Hauptkritikpunkt: die häufige Überdosierung der Inhaltsstoffe. Nur vier Präparate bekamen die Bestnote. Dazu zählen die B12-Asmedic Tropfen (50 µg), die Vitafit Brausetabletten von Norma (25 µg) und die Vitalis Ampullen von Aldi (17,5 µg). Auch die Vitamin B12-Loges Kapseln (1000 µg) wurden positiv bewertet, sind aber nicht mehr im Handel.

Bemerkenswert: Nur vier der 29 getesteten Präparate sind als Arzneimittel eingestuft. Nur sie können einen klinisch relevanten Vitaminmangel tatsächlich ausgleichen.

„Goldener Windbeutel“ für LaVita

Parallel zur Produktkritik rückt der Verbraucherschutz die Vermarktungspraktiken in den Fokus. Foodwatch verlieh den Negativpreis „Goldener Windbeutel 2026“ an das Mikronährstoffkonzentrat LaVita. Rund 39 Prozent der Teilnehmer einer Online-Umfrage stimmten für das Produkt.

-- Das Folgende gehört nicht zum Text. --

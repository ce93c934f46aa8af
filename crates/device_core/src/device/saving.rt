//! What the device knows, as bytes, and a device that is restored from such bytes.

ghost use Rattle.std.specs.Prelude.{◌≡◌, ◌↔◌, ◌≤◌, length, IsTrue};
ghost use Rattle.image_slots.specs.declared.view.ImageState.{ImageState};
ghost use Rattle.device_core.specs.Saving.{saved_of, IsOver};
ghost use Rattle.device_core.specs.SavingInside.{groups_in};
ghost use Rattle.device_core.specs.SessionTable.{SessionTable};

use super::Device;
use crate::config::DeviceConfig;
use crate::outbox::Outbox;
use crate::saved_fields::{
    NEXT, clock_in, counts_in, flags_in, moment_in, place_in, reboot_in, session_in, take_slots,
};
use crate::saving::{
    MAX_SAVED_DEVICE, RestoreError, SavedDevice, config_bytes, digest_of, put, put_clock,
    put_counts, put_flags, put_groups, put_moment, put_reboot, put_session, put_slots,
    restore_error,
};
use flash_session::Flash;
use mc_group::GroupTable;
use session_store::{CompleteFlags, SessionSize};
use std::alloc::Global;

impl<F: Flash + Drop> Device<F> {
    ghost use Rattle.session_store.specs.declared.state.CompleteFlags.{CompleteFlags};
    ghost use Rattle.session_store.specs.Size.{size_with};
    ghost use Rattle.device_core.specs.Configuration.{Configuration, configured, at_full_size};
    ghost use Rattle.device_core.specs.HeldDevice.{Starts, device_of};
    ghost use Rattle.device_core.specs.HeldSaving.{IsRestored, Resumes, Saves};
    ghost use Rattle.device_core.specs.SavingInside.{Takes};

    /// Returns what it knows as bytes that `restore` takes again, besides the files that its slots hold: to be stored before the
    /// device ends. They hold the keys of its groups, and neither its own key nor its sessions. It takes no memory.
    pub fn save(&self) -> SavedDevice
        ensures bytes { Saves self.now result.items }
        // Whatever came before, `restore` takes them: it is `Corrupt` exactly where no such record has the bytes.
        ensures restorable { (table : SessionTable)
            → IsOver self.now.config (device_of self.now table) }
    {
        self.saved_with(self.sessions.flags())
    }

    /// Restores the device of these bytes, with this configuration, the file that ran, and next, each empty where there was none.
    /// Next is read again, so that it is valid only as what its bytes are. A device whose sessions are held is down until
    /// `power`, and knows which of its files were whole when it was saved; another has no sessions. No flash is called.
    /// `BadConfig` comes exactly as at `reserve`, and first; `Corrupt` exactly where no device of this configuration has these
    /// bytes and files; `Memory` where memory is missing. At an error the flash is dropped.
    pub fn restore(
        alloc: Global,
        config: DeviceConfig,
        flash: F,
        saved: &[u8],
        running: &[u8],
        next: &[u8],
    ) -> Result<Self, RestoreError>
        ensures { IsRestored (at_full_size config) (F.seen flash).room flash saved.now running.now
            next.now result }
    {
        Self::restore_sized(
            alloc,
            config,
            SessionSize::Large,
            flash,
            saved,
            running,
            next,
        )
    }

    /// Restores a device as `restore` does, whose sessions have the size with which it was made by `reserve_sized`.
    pub fn restore_sized(
        alloc: Global,
        config: DeviceConfig,
        size: SessionSize,
        flash: F,
        saved: &[u8],
        running: &[u8],
        next: &[u8],
    ) -> Result<Self, RestoreError>
        ensures { IsRestored (configured (size_with size) config) (F.seen flash).room flash
            saved.now running.now next.now result }
    {
        let mut device = match Self::reserve_sized(alloc, config, size, flash) {
            Ok(device) => device,
            Err(error) => return Err(restore_error(error)),
        };
        if device.resume(saved, running, next) {
            Ok(device)
        } else {
            Err(RestoreError::Corrupt)
        }
    }

    /// Makes of a device at its start the one of these bytes and files, as `restore` does; false exactly where no device of its
    /// configuration has them, and then nothing is known of it. It takes no memory. It is never inlined, nor is what it calls, so
    /// that no caller has their room on its stack beside that of `reserve_sized`.
    #[inline(never)]
    pub fn resume(&mut self, saved: &[u8], running: &[u8], next: &[u8]) -> bool
        requires none { self.old.slots.next ≡ ImageState.None }
        requires formats { self.old.slots.formats ≡ self.old.config.formats }
        ensures { (config : Configuration) (flash : _) → Starts config flash self.old
            → Resumes config flash saved.now running.now next.now self.new result }
    {
        if saved.len() != MAX_SAVED_DEVICE || !self.take_saved(saved, running, next) {
            return false;
        }
        let again = self.saved_with(flags_in(saved));
        if !is_same(again.as_slice(), saved) {
            return false;
        }
        true
    }

    /// Returns the bytes of the file that was received to run next, none where there is none.
    pub fn next_file(&self) -> &[u8]
        ensures { result.now ≡ self.now.slots.next_file }
    {
        self.slots.next_file()
    }

    /// What it knows, with which sessions had their file whole. It is never inlined, as `resume`.
    #[inline(never)]
    #[tactic(auto, unfolding(crate::specs::Saving::saved_of, crate::specs::Saving::state_bytes))]
    fn saved_with(&self, flags: CompleteFlags) -> SavedDevice
        ensures bytes { (table : SessionTable)
            → result.items ≡ saved_of (device_of self.now table) flags }
        ensures over { (table : SessionTable) → IsOver self.now.config (device_of self.now table) }
    {
        let mut saved = SavedDevice::new();
        put_clock(&mut saved, &self.clock);
        put_moment(&mut saved, self.last_due);
        put_groups(&mut saved, &self.groups);
        put_session(&mut saved, self.class_session);
        put_reboot(&mut saved, self.reboot);
        put_counts(&mut saved, self.counts);
        put_slots(&mut saved, &self.slots);
        put_flags(&mut saved, flags);
        self.outbox.put(&mut saved);
        let digest = digest_of(
            saved.as_slice(),
            config_bytes(&self.config).as_slice(),
            self.slots.running().1,
            self.slots.next_file(),
        );
        put(&mut saved, &digest);
        saved
    }

    /// Takes the fields of bytes that may not be a device's, and the files; false exactly where a file has no room, there is a
    /// file without a next, what runs is no image of the version that is told, or an uplink is none.
    fn take_saved(&mut self, saved: &[u8], running: &[u8], next: &[u8]) -> bool
        requires long { length saved.now ≡ 492 }
        requires none { self.old.slots.next ≡ ImageState.None }
        requires formats { self.old.slots.formats ≡ self.old.config.formats }
        ensures { Takes self.old self.new saved.now running.now next.now result }
    {
        let area = self.config.area as usize;
        if running.len() > area || next.len() > area {
            return false;
        }
        if saved[NEXT] == 0 && !next.is_empty() {
            return false;
        }
        let Some(outbox) = Outbox::read(saved) else {
            return false;
        };
        if !take_slots(&mut self.slots, saved, running, next) {
            return false;
        }
        self.outbox = outbox;
        self.clock = clock_in(saved);
        self.last_due = moment_in(saved);
        take_groups(&mut self.groups, self.config.groups, saved);
        self.class_session = session_in(saved);
        self.reboot = reboot_in(saved);
        self.counts = counts_in(saved);
        if self.sessions.is_down() {
            self.sessions.set_flags(flags_in(saved));
        }
        true
    }
}

/// Puts the groups that bytes say into a table of so many ids.
fn take_groups(groups: &mut GroupTable, number: u8, saved: &[u8])
    requires few { number ≤ 4 }
    requires places { length groups.old ≡ number }
    requires long { 460 ≤ length saved.now }
    ensures groups { groups.new ≡ groups_in saved.now number }
    ensures places { length groups.new ≡ number }
{
    for id in 0..number {
        groups.put(id, place_in(saved, id));
    }
}

/// Whether the bytes are the same.
fn is_same(some: &[u8], others: &[u8]) -> bool
    ensures { IsTrue result ↔ (some.now ≡ others.now) }
{
    some == others
}
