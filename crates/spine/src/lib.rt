// Spines: the head and the count of arguments, the argument at a position, a term applied to a run of another spine's arguments.
// No list of arguments is kept: the rows are walked again. So a term goes down with the count of its arguments beside it: what ties the two
// stands in the rows, and no struct of them could say it.
#![tactic(auto)]

ghost use Rattle.std.specs.Prelude.{◌≡◌, ◌+◌, ◌*◌, ◌/◌, ◌<◌, ◌≤◌, true, length, get_or, eqb};
ghost use Rattle.rules.specs.Kinds.{app};
ghost use Rattle.rules.specs.Rows.{blank, node, up};
ghost use Rattle.course.specs.Charged.{put_in};
ghost use Rattle.rows.specs.Words.{ptr_of, pair_at, words_at, store_of, whole, Stands, Held};
ghost use Rattle.rows.specs.Writes.{Wrote};
ghost use Rattle.spine.specs.Walks.{Walks, HasChild, Walked, Argument, Counted, Applies, run_in};

use rows::kinds::Kind;
use rows::refusals::Out;
use rows::writer::make;
use rows::{Ptr, Shape, kind_of, pair_of, row_at, shift_up};

#[derive(Clone, Copy, Debug, PartialEq, Eq)]
pub struct Spined {
    pub head: Ptr,
    pub count: u32,
}

fn is_app<'a>(library: &'a [u32], scratch: &'a [u32], t: Ptr) -> bool
    requires { Stands library.now scratch.now t.row }
    ensures { result ≡ eqb (get_or (words_at library.now scratch.now t.row) 0 0) 3 }
{
    kind_of(row_at(library, scratch, t.row)) == Kind::Application.into()
}

// Pair j of the row that t points at, taking t's shift on.
fn child<'a>(library: &'a [u32], scratch: &'a [u32], t: Ptr, j: usize) -> Ptr
    requires has_child { HasChild library.now scratch.now t j }
    requires j_bound { j < 3 }
    ensures { ptr_of result ≡ up (whole library.now scratch.now) (ptr_of
        (pair_at (words_at library.now scratch.now t.row) j)) t.shift }
{
    let p = pair_of(row_at(library, scratch, t.row), j);
    shift_up(library, scratch, p, t.shift)
}

// The head, found through applications: how many there are is known at the end alone.
pub fn head_of<'a>(library: &'a [u32], scratch: &'a [u32], t: Ptr) -> Spined
    requires { Walks library.now scratch.now t }
    ensures { Walked (whole library.now scratch.now) (ptr_of t) result }
{
    let mut head = t;
    let mut count = 0;
    while is_app(library, scratch, head) {
        head = child(library, scratch, head, 0);
        count += 1;
    }
    Spined { head, count }
}

// Argument i of the spine at t, which has `count`: the argument of the application count - 1 - i below t.
pub fn argument<'a>(library: &'a [u32], scratch: &'a [u32], t: Ptr, count: u32, i: u32) -> Ptr
    requires counted { Counted library.now scratch.now t count }
    requires i_lt_count { i < count }
    ensures { Argument (whole library.now scratch.now) (ptr_of t) count i result }
{
    let mut at = t;
    for _later in i + 1..count {
        at = child(library, scratch, at, 0);
    }
    child(library, scratch, at, 1)
}

// One application row is due.
pub fn apply_one(library: &[u32], scratch: &mut [u32], nlib: u32, mark: u32, f: Ptr, a: Ptr) -> Out
    requires held { Held library.now scratch.old mark nlib }
    requires row_bound { (f.row < nlib + mark) × (a.row < nlib + mark) }
    ensures { Wrote library.now scratch.old mark result scratch.new (put_in
        (nlib + length scratch.old / 9) (store_of library.now scratch.old mark) (node app (ptr_of f) (ptr_of a) blank)) }
{
    let w = Shape {
        kind: Kind::Application.into(),
        first: f,
        second: a,
        third: Ptr { row: 0, shift: 0 },
    };
    make(library, scratch, nlib, mark, w)
}

// f applied to the arguments from..to of the spine at t, one row each.
pub fn apply(
    library: &[u32],
    scratch: &mut [u32],
    nlib: u32,
    mark: u32,
    f: Ptr,
    t: Ptr,
    count: u32,
    from: u32,
    to: u32,
) -> Out
    requires { Applies library.now scratch.old nlib mark f t count from to }
    ensures { Wrote library.now scratch.old mark result scratch.new (run_in
        (nlib + length scratch.old / 9) (store_of library.now scratch.old mark) (ptr_of f) (ptr_of t) from to) }
{
    let mut result = f;
    let mut at = mark;
    for i in from..to {
        let a = argument(library, scratch, t, count, i);
        (result, at) = apply_one(library, scratch, nlib, at, result, a)?;
    }
    Ok((result, at))
}
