//! The one reader of a command line: the number of arguments and the name of the command tell the forms apart.

ghost use Rattle.std.specs.Prelude.{◌≢◌, ◌∷◌, [], codes, map, option_map, MatchOption};
ghost use Rattle.std.specs.String.{string_bytes};
ghost use Rattle.bn_behaviour.specs.PortNames.{port_names_of};
ghost use Rattle.bn_words.specs.Requests.{HasForm, HasNoForm, port_arguments, request_of};
ghost use Rattle.bn_words.specs.Words.{AreRead};

use crate::request::{ConfigurationRequest, Request, WholeRequest};
use crate::word::{
    count_of, drive_steps_of, letters_of, number_from_one, number_of, port_names, tape_word,
    window_of,
};
use bn_base::{GREATEST, MOST_COUNT};
use bn_behaviour::{MOST_STATES, PortNames};
use bn_gen::MOST_INCREMENTS;
use bn_qtable::TapeWords;
use bn_rlem::MOST_LINES;

/// What the arguments of a command line ask for; `None` exactly if no allowed request has these arguments.
pub fn read_words(words: &[String]) -> Option<Request<'_>>
    ensures { MatchOption result (HasNoForm (map string_bytes words.now))
        (λ request. HasForm (map string_bytes words.now) (request_of request)) }
{
    match words {
        [name] => read_name(name.as_str()),
        [name, number] => read_number(name.as_str(), number.as_str()),
        [name, first, second] => read_pair(name.as_str(), first.as_str(), second.as_str()),
        [name, first, second, third, fourth] => read_four(
            name.as_str(),
            first.as_str(),
            second.as_str(),
            third.as_str(),
            fourth.as_str(),
        ),
        [name, word, left, right, steps, output] => read_window(
            name.as_str(),
            word.as_str(),
            left.as_str(),
            right.as_str(),
            steps.as_str(),
            output.as_str(),
        ),
        [name, word, left, right, steps, output, most_steps] => read_window_and_steps(
            name.as_str(),
            word.as_str(),
            left.as_str(),
            right.as_str(),
            steps.as_str(),
            output.as_str(),
            most_steps.as_str(),
        ),
        [name, first, second, third, left, right, steps, output] => read_three_and_window(
            name.as_str(),
            first.as_str(),
            second.as_str(),
            third.as_str(),
            left.as_str(),
            right.as_str(),
            steps.as_str(),
            output.as_str(),
        ),
        [
            name,
            first,
            second,
            third,
            left,
            right,
            steps,
            output,
            most_steps,
        ] => {
            read_three_window_and_steps(
                name.as_str(),
                first.as_str(),
                second.as_str(),
                third.as_str(),
                left.as_str(),
                right.as_str(),
                steps.as_str(),
                output.as_str(),
                most_steps.as_str(),
            )
        }
        _ => None,
    }
}

// The forms of a name alone.
fn read_name(name: &str) -> Option<Request<'_>>
    ensures { AreRead (name.now ∷ []) result }
{
    match name {
        "check" => Some(Request::OnWhole(WholeRequest::Check)),
        "reversible" => Some(Request::OnWhole(WholeRequest::Reversible)),
        "inverse" => Some(Request::OnWhole(WholeRequest::Inverse)),
        "bennett" => Some(Request::OnWhole(WholeRequest::Bennett)),
        "standard" => Some(Request::OnWhole(WholeRequest::Standard)),
        "plan" => Some(Request::OnConfiguration(ConfigurationRequest::Plan)),
        "migrate" => Some(Request::OnConfiguration(ConfigurationRequest::Migrate)),
        "mirror" => Some(Request::OnConfiguration(ConfigurationRequest::Mirror)),
        "farm" => Some(Request::OnWhole(WholeRequest::Farm)),
        "erase" => Some(Request::OnWhole(WholeRequest::Erase)),
        "walk" => Some(Request::OnWhole(WholeRequest::Walk)),
        _ => None,
    }
}

// The forms of a name and a number.
fn read_number<'a>(name: &str, number: &'a str) -> Option<Request<'a>>
    ensures { AreRead (name.now ∷ number.now ∷ []) result }
{
    let number = number_of(number)?;
    match name {
        "step" => Some(Request::OnConfiguration(ConfigurationRequest::Step { most_steps: number })),
        "back" => Some(Request::OnConfiguration(ConfigurationRequest::Back { most_steps: number })),
        "generate" => {
            if number < 1 || number > MOST_INCREMENTS as u64 {
                return None;
            }
            Some(Request::Generate {
                increments: number as u32,
            })
        }
        _ => None,
    }
}

// The forms of a name and two arguments.
fn read_pair<'a>(name: &str, first: &'a str, second: &str) -> Option<Request<'a>>
    ensures { AreRead (name.now ∷ first.now ∷ second.now ∷ []) result }
{
    match name {
        "realise" => read_realise(first, second),
        "equal" => read_equal(first, second),
        "run" => read_auto(first, second),
        "element" => read_element(first, second),
        "behaviour" => read_behaviour(first, second, None),
        "crossings" => read_crossings(first, second, None),
        "room" => read_room(first, second),
        _ => read_word_and_count(name, first, second),
    }
}

// The form of `run` with the automatic window.
fn read_auto<'a>(first: &'a str, second: &str) -> Option<Request<'a>>
    ensures { AreRead (codes "run" ∷ first.now ∷ second.now ∷ []) result }
{
    let word = letters_of(first)?;
    match second {
        "auto" => Some(Request::OnWhole(WholeRequest::RunAuto { word })),
        _ => None,
    }
}

// The forms of a name, letters and a greatest number of steps.
fn read_word_and_count<'a>(name: &str, first: &'a str, second: &str) -> Option<Request<'a>>
    requires realise { name.now ≢ codes "realise" }
    requires equal { name.now ≢ codes "equal" }
    requires run { name.now ≢ codes "run" }
    requires element { name.now ≢ codes "element" }
    requires behaviour { name.now ≢ codes "behaviour" }
    requires crossings { name.now ≢ codes "crossings" }
    requires room { name.now ≢ codes "room" }
    ensures { AreRead (name.now ∷ first.now ∷ second.now ∷ []) result }
{
    let word = letters_of(first)?;
    let most_steps = count_of(second)?;
    match name {
        "machine" => Some(Request::OnWhole(WholeRequest::Machine { word, most_steps })),
        "trace" => Some(Request::OnWhole(WholeRequest::Trace { word, most_steps })),
        "moments" => Some(Request::OnWhole(WholeRequest::Moments { word, most_steps })),
        "erase" => Some(Request::OnWhole(WholeRequest::EraseRun { word, most_steps })),
        "window" => Some(Request::OnWhole(WholeRequest::Window { word, most_steps })),
        _ => None,
    }
}

// The form of `room` with a word on tape 1.
fn read_room<'a>(word: &'a str, most_steps: &str) -> Option<Request<'a>>
    ensures { AreRead (codes "room" ∷ word.now ∷ most_steps.now ∷ []) result }
{
    let words = TapeWords::One(tape_word(word)?);
    let most_steps = count_of(most_steps)?;
    Some(Request::OnWhole(WholeRequest::Room { words, most_steps }))
}

// The form of `realise`.
fn read_realise<'a>(first: &'a str, second: &str) -> Option<Request<'a>>
    ensures { AreRead (codes "realise" ∷ first.now ∷ second.now ∷ []) result }
{
    let state = number_from_one(first, MOST_COUNT)? as u32;
    let line = number_from_one(second, MOST_COUNT)? as u32;
    Some(Request::OnWhole(WholeRequest::Realise { state, line }))
}

// The form of `equal`.
fn read_equal<'a>(first: &'a str, second: &str) -> Option<Request<'a>>
    ensures { AreRead (codes "equal" ∷ first.now ∷ second.now ∷ []) result }
{
    let state = number_from_one(first, MOST_COUNT)? as u32;
    let other = number_from_one(second, MOST_COUNT)? as u32;
    Some(Request::OnWhole(WholeRequest::Equal { state, other }))
}

// The form of `element`.
fn read_element<'a>(first: &'a str, second: &str) -> Option<Request<'a>>
    ensures { AreRead (codes "element" ∷ first.now ∷ second.now ∷ []) result }
{
    let lines = number_from_one(first, MOST_LINES as u64)? as u32;
    let number = number_of(second)?;
    Some(Request::Element { lines, number })
}

// The forms of `behaviour`.
fn read_behaviour<'a>(
    states: &str,
    steps: &str,
    names: Option<PortNames<'a>>,
) -> Option<Request<'a>>
    ensures { AreRead (codes "behaviour" ∷ states.now ∷ steps.now
        ∷ port_arguments (option_map port_names_of names.entry)) result }
{
    let most_states = number_from_one(states, MOST_STATES as u64)? as u32;
    let most_steps = number_from_one(steps, GREATEST)?;
    Some(Request::OnConfiguration(ConfigurationRequest::Behaviour {
        most_states,
        most_steps,
        names,
    }))
}

// The forms of `crossings`.
fn read_crossings<'a>(
    states: &str,
    steps: &str,
    names: Option<PortNames<'a>>,
) -> Option<Request<'a>>
    ensures { AreRead (codes "crossings" ∷ states.now ∷ steps.now
        ∷ port_arguments (option_map port_names_of names.entry)) result }
{
    let most_states = number_from_one(states, MOST_STATES as u64)? as u32;
    let most_steps = number_from_one(steps, GREATEST)?;
    Some(Request::OnConfiguration(ConfigurationRequest::Crossings {
        most_states,
        most_steps,
        names,
    }))
}

// The forms of a name and four arguments.
fn read_four<'a>(
    name: &str,
    first: &'a str,
    second: &'a str,
    third: &'a str,
    fourth: &'a str,
) -> Option<Request<'a>>
    ensures { AreRead (name.now ∷ first.now ∷ second.now ∷ third.now ∷ fourth.now ∷ []) result }
{
    match name {
        "moments" => read_three_moments(first, second, third, fourth),
        "room" => read_three_room(first, second, third, fourth),
        "behaviour" => read_behaviour(first, second, Some(port_names(third, fourth)?)),
        "crossings" => read_crossings(first, second, Some(port_names(third, fourth)?)),
        _ => None,
    }
}

// The form of `moments` with a word on each tape.
fn read_three_moments<'a>(
    first: &'a str,
    second: &'a str,
    third: &'a str,
    most_steps: &str,
) -> Option<Request<'a>>
    ensures { AreRead (codes "moments" ∷ first.now ∷ second.now ∷ third.now ∷ most_steps.now ∷ []) result }
{
    let first = letters_of(first)?;
    let second = letters_of(second)?;
    let third = letters_of(third)?;
    let most_steps = count_of(most_steps)?;
    Some(Request::OnWhole(WholeRequest::ThreeMoments {
        first,
        second,
        third,
        most_steps,
    }))
}

// The form of `room` with a word on each tape.
fn read_three_room<'a>(
    first: &'a str,
    second: &'a str,
    third: &'a str,
    most_steps: &str,
) -> Option<Request<'a>>
    ensures { AreRead (codes "room" ∷ first.now ∷ second.now ∷ third.now ∷ most_steps.now ∷ []) result }
{
    let words = TapeWords::Three(tape_word(first)?, tape_word(second)?, tape_word(third)?);
    let most_steps = count_of(most_steps)?;
    Some(Request::OnWhole(WholeRequest::Room { words, most_steps }))
}

// The forms of a name, a word and a window.
fn read_window<'a>(
    name: &str,
    word: &'a str,
    left: &str,
    right: &str,
    steps: &str,
    output: &str,
) -> Option<Request<'a>>
    ensures { AreRead (name.now ∷ word.now ∷ left.now ∷ right.now ∷ steps.now ∷ output.now ∷ []) result }
{
    match name {
        "build" => read_build(word, left, right, steps, output),
        "play" => read_play(word, left, right, steps, output),
        _ => read_letters_and_window(name, word, left, right, steps, output),
    }
}

// The form of `build` with a word on tape 1.
fn read_build<'a>(
    word: &'a str,
    left: &str,
    right: &str,
    steps: &str,
    output: &str,
) -> Option<Request<'a>>
    ensures { AreRead (codes "build" ∷ word.now ∷ left.now ∷ right.now ∷ steps.now ∷ output.now ∷ []) result }
{
    let words = TapeWords::One(tape_word(word)?);
    let window = window_of(left, right, steps, output)?;
    Some(Request::OnWhole(WholeRequest::Build { words, window }))
}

Der Vorwurf: irreführende Gesundheitsversprechen. Trotz eines Preises von 50 Euro pro Flasche (100 Euro pro Liter) habe der Hersteller mit zweifelhaften Aussagen geworben. Nach öffentlicher Kritik stellte das Unternehmen die Werbung mit dem Begriff „Saubertrank“ ein. Weitere Slogans wie „Fit fürs Leben“ werden derzeit juristisch geprüft.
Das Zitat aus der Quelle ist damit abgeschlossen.